The basic idea of this approach is to find the shortest path from the source node (‘K’) to each node in the network. We will use Dijkstra’s Algorithm to achieve this task. We will use priority_queue based implementation for this problem.

You can refer here for a more detailed explanation of Dijkstra’s Algorithm -

Dijkstra Sparse

Now, consider the following steps:

1. Create an adjacency list “adj” of the graph from the given list of edges.
2. Create an array/list “dist” and initialize it to a very large number (say “INF”). It stores the shortest path length for each node from the source node (‘K’).
3. Create a min priority_queue of pair<int, int> which stores the pair of path distance and the node itself.
4. Push {0, ‘K’} in the priority_queue as K is the source node and the initial distance is 0.
5. Now, iterate while there is an element in the priority_queue.
• Extract the top element and pop it from the priority_queue.
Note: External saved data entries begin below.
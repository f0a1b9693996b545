//! Whether persons are the same.

ghost use Rattle.std.specs.Prelude.{◌≡◌, ◌↔◌, map, IsTrue};
ghost use Rattle.lit_model.specs.Person.{person_view};
ghost use Rattle.lit_model.specs.SamePerson.{same_person, same_persons};

use crate::person::Person;

impl Person {
    /// Whether both persons have the same name, given name, prefix, suffix and alias, and both or
    /// neither have a comma before the suffix.
    pub fn is_same_person(&self, other: &Person) -> bool
        ensures texts { IsTrue result ↔ (person_view self.now ≡ person_view other.now) }
        ensures test { result ≡ same_person (person_view self.now) (person_view other.now) }
    {
        *self == *other
    }
}

/// Whether both lists have the same length and the same person ([`Person::is_same_person`]) at each
/// place.
pub fn are_same_persons(persons: &[Person], others: &[Person]) -> bool
    ensures texts { IsTrue result ↔ (map person_view persons.now ≡ map person_view others.now) }
    ensures test { result
        ≡ same_persons (map person_view persons.now) (map person_view others.now) }
{
    *persons == *others
}
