//! Page ranges.

ghost use Rattle.std.specs.Prelude.{◌≡◌, IfOk, option_map};
ghost use Rattle.lit_model.specs.Numeric.{numeric_view};
ghost use Rattle.lit_model.specs.Page as spec;

mod parse;
mod write;

use crate::numeric::Numeric;
use csl_common::Memory;
use std::alloc::Global;

/// The pages of a work.
#[derive(PartialEq, Eq, Hash, Drop)]
pub struct PageRanges {
    /// The pages, ranges and separators in order.
    pub ranges: Vec<PageRangesPart>,
}

impl PageRanges {
    /// The first page: the one that the first item begins with.
    pub fn first(&self) -> Option<&Numeric>
        ensures { option_map (λ page. numeric_view page.now) result
            ≡ spec.first_page (spec.pages_view self.now) }
    {
        for part in &self.ranges {
            if let Some(page) = part.start() {
                return Some(page);
            }
        }
        None
    }

    /// Whether a term beside the pages is in the plural: beside a range, or beside more than one
    /// part.
    pub fn is_plural(&self) -> bool
        ensures { result ≡ spec.plural_pages (spec.pages_view self.now) }
    {
        match self.ranges.as_slice() {
            [] => false,
            [part] => part.is_range(),
            _ => true,
        }
    }

    /// A copy.
    pub fn clone(&self, alloc: Global) -> Result<PageRanges, Memory>
        ensures { IfOk result (λ copy. spec.pages_view copy ≡ spec.pages_view self.now) }
    {
        let mut ranges = Vec::with_capacity(alloc, self.ranges.len())?;
        for part in &self.ranges {
            let copy = part.clone(alloc)?;
            ranges.push(copy)?;
        }
        Ok(PageRanges { ranges })
    }
}

impl PageRangesPart {
    /// The page that the item begins with; `None` for a separator.
    fn start(&self) -> Option<&Numeric>
        ensures { option_map (λ page. numeric_view page.now) result
            ≡ spec.starting_page (spec.part_view self.now) }
    {
        match self {
            PageRangesPart::Ampersand | PageRangesPart::Comma => None,
            PageRangesPart::EscapedRange(page, _)
            | PageRangesPart::SinglePage(page)
            | PageRangesPart::Range(page, _) => Some(page),
        }
    }

    /// Whether this is a range.
    fn is_range(&self) -> bool
        ensures { result ≡ spec.is_range (spec.part_view self.now) }
    {
        match self {
            PageRangesPart::Ampersand | PageRangesPart::Comma | PageRangesPart::SinglePage(_) => {
                false
            }
            PageRangesPart::EscapedRange(_, _) | PageRangesPart::Range(_, _) => true,
        }
    }

    /// A copy.
    pub fn clone(&self, alloc: Global) -> Result<PageRangesPart, Memory>
        ensures { IfOk result (λ copy. spec.part_view copy ≡ spec.part_view self.now) }
    {
        match self {
            PageRangesPart::Ampersand => Ok(PageRangesPart::Ampersand),
            PageRangesPart::Comma => Ok(PageRangesPart::Comma),
            PageRangesPart::EscapedRange(first, last) => {
                let first = first.clone(alloc)?;
                let last = last.clone(alloc)?;
                Ok(PageRangesPart::EscapedRange(first, last))
            }
            PageRangesPart::SinglePage(page) => {
                let page = page.clone(alloc)?;
                Ok(PageRangesPart::SinglePage(page))
            }
            PageRangesPart::Range(first, last) => {
                let first = first.clone(alloc)?;
                let last = last.clone(alloc)?;
                Ok(PageRangesPart::Range(first, last))
            }
        }
    }
}

/// One part of the pages of a work.
#[derive(PartialEq, Eq, Hash, Drop)]
pub enum PageRangesPart {
    /// A `&` between two items.
    Ampersand,
    /// A `,` between two items.
    Comma,
    /// A range that is written in full, regardless of the style.
    EscapedRange(Numeric, Numeric),
    /// One page.
    SinglePage(Numeric),
    /// A range of pages.
    Range(Numeric, Numeric),
}
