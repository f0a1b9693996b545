/// The type of a work.
#[derive(Clone, Copy, Debug, PartialEq, Eq, PartialOrd, Ord, Hash)]
pub enum EntryType {
    /// A short text, as in a journal.
    Article,
    /// A part of a work.
    Chapter,
    /// A short part of a reference work.
    Entry,
    /// A work in an anthology.
    Anthos,
    /// A report.
    Report,
    /// A thesis.
    Thesis,
    /// A web page or site.
    Web,
    /// A part of a show.
    Scene,
    /// A work of art.
    Artwork,
    /// A patent.
    Patent,
    /// A legal case.
    Case,
    /// An issue of a newspaper.
    Newspaper,
    /// A law, or a bill.
    Legislation,
    /// An unpublished text.
    Manuscript,
    /// A post on a microblog.
    Post,
    /// Anything else.
    Misc,
    /// A live performance.
    Performance,
    /// A journal or a magazine.
    Periodical,
    /// The published papers of a conference.
    Proceedings,
    /// A book.
    Book,
    /// A blog.
    Blog,
    /// A dictionary, an encyclopedia or the like.
    Reference,
    /// A conference.
    Conference,
    /// A collection of works.
    Anthology,
    /// A software repository.
    Repository,
    /// A discussion.
    Thread,
    /// A film or another video.
    Video,
    /// Music or another recording.
    Audio,
    /// An exhibition.
    Exhibition,
    /// The work that this one translates or reprints.
    Original,
}
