//! Typed values, or texts in their place.

ghost use Rattle.std.specs.Prelude.{◌≡◌, IfOk};
ghost use Rattle.lit_model.specs.MaybeTyped.{maybe_view};
ghost use Rattle.lit_model.specs.Numeric.{numeric_view};
ghost use Rattle.lit_model.specs.Page.{pages_view};

use crate::numeric::Numeric;
use crate::page::PageRanges;
use csl_common::Memory;
use std::alloc::Global;

/// A typed value, or a text in its place.
#[derive(PartialEq, Eq, Hash, Drop)]
pub enum MaybeTyped<T> {
    /// The value.
    Typed(T),
    /// A text in place of the value.
    String(String),
}

impl MaybeTyped<Numeric> {
    /// A copy.
    pub fn clone(&self, alloc: Global) -> Result<MaybeTyped<Numeric>, Memory>
        ensures { IfOk result (λ copy. maybe_view numeric_view copy
            ≡ maybe_view numeric_view self.now) }
    {
        match self {
            MaybeTyped::Typed(number) => {
                let copy = number.clone(alloc)?;
                Ok(MaybeTyped::Typed(copy))
            }
            MaybeTyped::String(text) => {
                let copy = String::from_str(alloc, text.as_str())?;
                Ok(MaybeTyped::String(copy))
            }
        }
    }
}

impl MaybeTyped<PageRanges> {
    /// A copy.
    pub fn clone(&self, alloc: Global) -> Result<MaybeTyped<PageRanges>, Memory>
        ensures { IfOk result (λ copy. maybe_view pages_view copy
            ≡ maybe_view pages_view self.now) }
    {
        match self {
            MaybeTyped::Typed(pages) => {
                let copy = pages.clone(alloc)?;
                Ok(MaybeTyped::Typed(copy))
            }
            MaybeTyped::String(text) => {
                let copy = String::from_str(alloc, text.as_str())?;
                Ok(MaybeTyped::String(copy))
            }
        }
    }
}
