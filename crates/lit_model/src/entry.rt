//! Entries.

ghost use Rattle.std.specs.Prelude.{◌≡◌, Option, option_copied, option_map, string_bytes, codes, IfOk};
ghost use Rattle.lit_model.specs.declared.entry.Entry.{Entry, out-Entry};
ghost use Rattle.lit_model.specs.Entry.{parents_of, preorder, AnswersBy, IsBare, own_serial};
ghost use Rattle.csl_common.specs.Lists.{first_some};

use crate::date::Date;
use crate::entry_type::EntryType;
use crate::maybe_typed::MaybeTyped;
use crate::numeric::Numeric;
use crate::page::PageRanges;
use crate::person::{Person, PersonsWithRoles};
use crate::source::{LanguageIdentifier, Publisher, QualifiedUrl, SerialNumber};
use crate::text::FormatString;
use csl_common::Memory;
use std::alloc::Global;

mod constructors;
mod serial_numbers;

/// A work, with the works that it is a part of.
///
/// An entry has a `drop` of its own, so no field can be moved out of it, and no `..` takes the rest
/// of a new entry from it. Set its fields one by one, or by calls that chain, as
/// [`Entry::with_authors`].
#[derive(PartialEq, Eq)]
pub struct Entry {
    /// The key that citations use.
    pub key: String,
    /// The type of the work.
    pub entry_type: EntryType,
    /// The title.
    pub title: Option<FormatString>,
    /// The authors.
    pub authors: Option<Vec<Person>>,
    /// The editors.
    pub editors: Option<Vec<Person>>,
    /// The date of publication.
    pub date: Option<Date>,
    /// The address where it can be read.
    pub url: Option<QualifiedUrl>,
    /// Further persons, in groups with one role each.
    pub affiliated: Option<Vec<PersonsWithRoles>>,
    /// The publisher.
    pub publisher: Option<Publisher>,
    /// The place where it was made or kept.
    pub location: Option<FormatString>,
    /// The organization responsible for it.
    pub organization: Option<FormatString>,
    /// The issue.
    pub issue: Option<MaybeTyped<Numeric>>,
    /// The volume.
    pub volume: Option<MaybeTyped<Numeric>>,
    /// The edition.
    pub edition: Option<MaybeTyped<Numeric>>,
    /// The chapter.
    pub chapter: Option<MaybeTyped<Numeric>>,
    /// The number of its volumes.
    pub volume_total: Option<Numeric>,
    /// The number of its pages.
    pub page_total: Option<Numeric>,
    /// The pages that it occupies.
    pub page_range: Option<MaybeTyped<PageRanges>>,
    /// The running time.
    pub runtime: Option<FormatString>,
    /// The serial numbers, such as a DOI.
    pub serial_number: Option<SerialNumber>,
    /// The language of the work.
    pub language: Option<LanguageIdentifier>,
    /// The archive that keeps it.
    pub archive: Option<FormatString>,
    /// The place of the archive.
    pub archive_location: Option<FormatString>,
    /// The call number: its place in the archive.
    pub call_number: Option<FormatString>,
    /// A note.
    pub note: Option<FormatString>,
    /// A summary.
    pub abstract_: Option<FormatString>,
    /// The genre.
    pub genre: Option<FormatString>,
    /// The works that it is a part of.
    pub parents: Vec<Entry>,
}

/// Drops the parents, and theirs, in a loop: a long chain of parents takes no stack and no memory.
/// Where entries with several parents need memory and there is none, one list drops by recursion.
impl Drop for Entry {
    #[tactic(auto, using(crate::proofs::Ancestors::lineage_laws))]
    fn drop(self) {
        let mut remaining = self.into_parents();
        while let Some(entry) = remaining.pop() {
            let mut parents = entry.into_parents();
            if remaining.is_empty() {
                remaining = parents;
            } else if remaining.append(&mut parents).is_err() {
                drop(parents);
            }
        }
    }
}

impl Entry {
    /// The parents. Every other field is dropped.
    fn into_parents(self) -> Vec<Entry>
        ensures { result.items ≡ parents_of self }
    {
        let Entry {
            key: _,
            entry_type: _,
            title: _,
            authors: _,
            editors: _,
            date: _,
            url: _,
            affiliated: _,
            publisher: _,
            location: _,
            organization: _,
            issue: _,
            volume: _,
            edition: _,
            chapter: _,
            volume_total: _,
            page_total: _,
            page_range: _,
            runtime: _,
            serial_number: _,
            language: _,
            archive: _,
            archive_location: _,
            call_number: _,
            note: _,
            abstract_: _,
            genre: _,
            parents,
        } = self;
        parents
    }
}

impl Entry {
    /// An entry with only a key and a type.
    pub fn new(alloc: Global, key: &str, entry_type: EntryType) -> Result<Entry, Memory>
        ensures { IfOk result (IsBare key.now entry_type) }
    {
        let key = String::from_str(alloc, key)?;
        Ok(Entry {
            key,
            entry_type,
            title: None,
            authors: None,
            editors: None,
            date: None,
            url: None,
            affiliated: None,
            publisher: None,
            location: None,
            organization: None,
            issue: None,
            volume: None,
            edition: None,
            chapter: None,
            volume_total: None,
            page_total: None,
            page_range: None,
            runtime: None,
            serial_number: None,
            language: None,
            archive: None,
            archive_location: None,
            call_number: None,
            note: None,
            abstract_: None,
            genre: None,
            parents: Vec::new(alloc),
        })
    }

    /// The key that citations use for the entry.
    pub fn key(&self) -> &str
        ensures { result.now ≡ string_bytes (out-Entry self.now).key }
    {
        self.key.as_str()
    }

    /// The type of the work.
    pub fn entry_type(&self) -> EntryType
        ensures { result ≡ (out-Entry self.now).entry_type }
    {
        self.entry_type
    }

    /// The title.
    pub fn title(&self) -> Option<&FormatString>
        ensures { option_copied result ≡ (out-Entry self.now).title }
    {
        self.title.as_ref()
    }

    /// The authors, in order.
    pub fn authors(&self) -> Option<&[Person]>
        ensures { option_copied result ≡ option_map (λ v. v.items) (out-Entry self.now).authors }
    {
        match &self.authors {
            None => None,
            Some(authors) => Some(authors.as_slice()),
        }
    }

    /// The editors, in order.
    pub fn editors(&self) -> Option<&[Person]>
        ensures { option_copied result ≡ option_map (λ v. v.items) (out-Entry self.now).editors }
    {
        match &self.editors {
            None => None,
            Some(editors) => Some(editors.as_slice()),
        }
    }

    /// The date of publication.
    pub fn date(&self) -> Option<&Date>
        ensures { option_copied result ≡ (out-Entry self.now).date }
    {
        self.date.as_ref()
    }

    /// The address where it can be read.
    pub fn url(&self) -> Option<&QualifiedUrl>
        ensures { option_copied result ≡ (out-Entry self.now).url }
    {
        self.url.as_ref()
    }

    /// Further persons, in groups with one role each.
    pub fn affiliated(&self) -> Option<&[PersonsWithRoles]>
        ensures { option_copied result ≡ option_map (λ v. v.items) (out-Entry self.now).affiliated }
    {
        match &self.affiliated {
            None => None,
            Some(affiliated) => Some(affiliated.as_slice()),
        }
    }

    /// The publisher.
    pub fn publisher(&self) -> Option<&Publisher>
        ensures { option_copied result ≡ (out-Entry self.now).publisher }
    {
        self.publisher.as_ref()
    }

    /// The place where it was made or kept.
    pub fn location(&self) -> Option<&FormatString>
        ensures { option_copied result ≡ (out-Entry self.now).location }
    {
        self.location.as_ref()
    }

    /// The organization responsible for it.
    pub fn organization(&self) -> Option<&FormatString>
        ensures { option_copied result ≡ (out-Entry self.now).organization }
    {
        self.organization.as_ref()
    }

    /// The issue.
    pub fn issue(&self) -> Option<&MaybeTyped<Numeric>>
        ensures { option_copied result ≡ (out-Entry self.now).issue }
    {
        self.issue.as_ref()
    }

    /// The volume.
    pub fn volume(&self) -> Option<&MaybeTyped<Numeric>>
        ensures { option_copied result ≡ (out-Entry self.now).volume }
    {
        self.volume.as_ref()
    }

    /// The edition.
    pub fn edition(&self) -> Option<&MaybeTyped<Numeric>>
        ensures { option_copied result ≡ (out-Entry self.now).edition }
    {
        self.edition.as_ref()
    }

    /// The chapter.
    pub fn chapter(&self) -> Option<&MaybeTyped<Numeric>>
        ensures { option_copied result ≡ (out-Entry self.now).chapter }
    {
        self.chapter.as_ref()
    }

    /// The number of its volumes.
    pub fn volume_total(&self) -> Option<&Numeric>
        ensures { option_copied result ≡ (out-Entry self.now).volume_total }
    {
        self.volume_total.as_ref()
    }

    /// The number of its pages.
    pub fn page_total(&self) -> Option<&Numeric>
        ensures { option_copied result ≡ (out-Entry self.now).page_total }
    {
        self.page_total.as_ref()
    }

    /// The pages that it occupies.
    pub fn page_range(&self) -> Option<&MaybeTyped<PageRanges>>
        ensures { option_copied result ≡ (out-Entry self.now).page_range }
    {
        self.page_range.as_ref()
    }

    /// The running time.
    pub fn runtime(&self) -> Option<&FormatString>
        ensures { option_copied result ≡ (out-Entry self.now).runtime }
    {
        self.runtime.as_ref()
    }

    /// The serial numbers, such as a DOI.
    pub fn serial_number(&self) -> Option<&SerialNumber>
        ensures { option_copied result ≡ (out-Entry self.now).serial_number }
    {
        self.serial_number.as_ref()
    }

    /// The language of the work.
    pub fn language(&self) -> Option<&LanguageIdentifier>
        ensures { option_copied result ≡ (out-Entry self.now).language }
    {
        self.language.as_ref()
    }

    /// The archive that keeps it.
    pub fn archive(&self) -> Option<&FormatString>
        ensures { option_copied result ≡ (out-Entry self.now).archive }
    {
        self.archive.as_ref()
    }

    /// The place of the archive.
    pub fn archive_location(&self) -> Option<&FormatString>
        ensures { option_copied result ≡ (out-Entry self.now).archive_location }
    {
        self.archive_location.as_ref()
    }

    /// The call number: its place in the archive.
    pub fn call_number(&self) -> Option<&FormatString>
        ensures { option_copied result ≡ (out-Entry self.now).call_number }
    {
        self.call_number.as_ref()
    }

    /// A note.
    pub fn note(&self) -> Option<&FormatString>
        ensures { option_copied result ≡ (out-Entry self.now).note }
    {
        self.note.as_ref()
    }

    /// A summary.
    pub fn abstract_(&self) -> Option<&FormatString>
        ensures { option_copied result ≡ (out-Entry self.now).abstract_ }
    {
        self.abstract_.as_ref()
    }

    /// The genre.
    pub fn genre(&self) -> Option<&FormatString>
        ensures { option_copied result ≡ (out-Entry self.now).genre }
    {
        self.genre.as_ref()
    }

    /// The entry's own number under the name of a scheme, if there is one.
    pub fn keyed_serial_number(&self, scheme: &str) -> Option<&str>
        ensures { option_copied result ≡ own_serial scheme.now self.now }
    {
        match &self.serial_number {
            None => None,
            Some(serial_number) => serial_number.get(scheme),
        }
    }

    /// The digital object identifier.
    pub fn doi(&self) -> Option<&str>
        ensures { option_copied result ≡ own_serial (codes "doi") self.now }
    {
        self.keyed_serial_number("doi")
    }

    /// The international standard book number.
    pub fn isbn(&self) -> Option<&str>
        ensures { option_copied result ≡ own_serial (codes "isbn") self.now }
    {
        self.keyed_serial_number("isbn")
    }

    /// The international standard serial number.
    pub fn issn(&self) -> Option<&str>
        ensures { option_copied result ≡ own_serial (codes "issn") self.now }
    {
        self.keyed_serial_number("issn")
    }

    /// The number in PubMed.
    pub fn pmid(&self) -> Option<&str>
        ensures { option_copied result ≡ own_serial (codes "pmid") self.now }
    {
        self.keyed_serial_number("pmid")
    }

    /// The number in PubMed Central.
    pub fn pmcid(&self) -> Option<&str>
        ensures { option_copied result ≡ own_serial (codes "pmcid") self.now }
    {
        self.keyed_serial_number("pmcid")
    }

    /// The works that it is a part of, in order.
    pub fn parents(&self) -> &[Entry]
        ensures { result.now ≡ parents_of self.now }
    {
        self.parents.as_slice()
    }
}

impl Entry {
    /// Returns the first value that `f` returns for the entry and its parents, in preorder. So a
    /// parent's own parents come before the next parent.
    ///
    /// The result is specified only for an `f` that depends on the entry alone.
    pub fn map<'a, X, F: Fn(&Entry) -> Option<&X>>(&'a self, f: F) -> Option<&'a X>
        requires { F.IsAlwaysCallable f }
        ensures { (g : Entry → Option X) → AnswersBy (F.post f) g
            → option_copied result ≡ first_some g (preorder self.now) }
    {
        self.first(&f)
    }

    fn first<'a, X, F: Fn(&Entry) -> Option<&X>>(&'a self, f: &F) -> Option<&'a X>
        requires { F.IsAlwaysCallable f.now }
        ensures { (g : Entry → Option X) → AnswersBy (F.post f.now) g
            → option_copied result ≡ first_some g (preorder self.now) }
    {
        if let Some(found) = f(self) {
            return Some(found);
        }
        for parent in &self.parents {
            if let Some(found) = parent.first(f) {
                return Some(found);
            }
        }
        None
    }

    /// The first date of the entry and its parents, in the order of [`Entry::map`].
    pub fn date_any(&self) -> Option<&Date>
        ensures { option_copied result ≡ first_some (λ e. (out-Entry e).date) (preorder self.now) }
    {
        self.map(|entry| entry.date.as_ref())
    }

    /// The first address of the entry and its parents, in the order of [`Entry::map`].
    pub fn url_any(&self) -> Option<&QualifiedUrl>
        ensures { option_copied result ≡ first_some (λ e. (out-Entry e).url) (preorder self.now) }
    {
        self.map(|entry| entry.url.as_ref())
    }
}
Let’s say the current node is ‘v’ and distance is ‘w’.
• If the current shortest path length for ‘v’ is less than ‘w’ then go to step 5 (a).
• Otherwise, iterate through edges that start from node ‘v’ and ends at ‘u’ (let’s say). If the shortest path length is greater than ‘w’ + weight of the current edge then update the path length for node ‘u’ and set dist[u]=w + weight of current edge and push the updated shortest path length in the priority_queue.

Now, we will iterate through the “dist” array/list and find the maximum value. If the maximum value is equal to “INF” then return -1 else return the maximum value.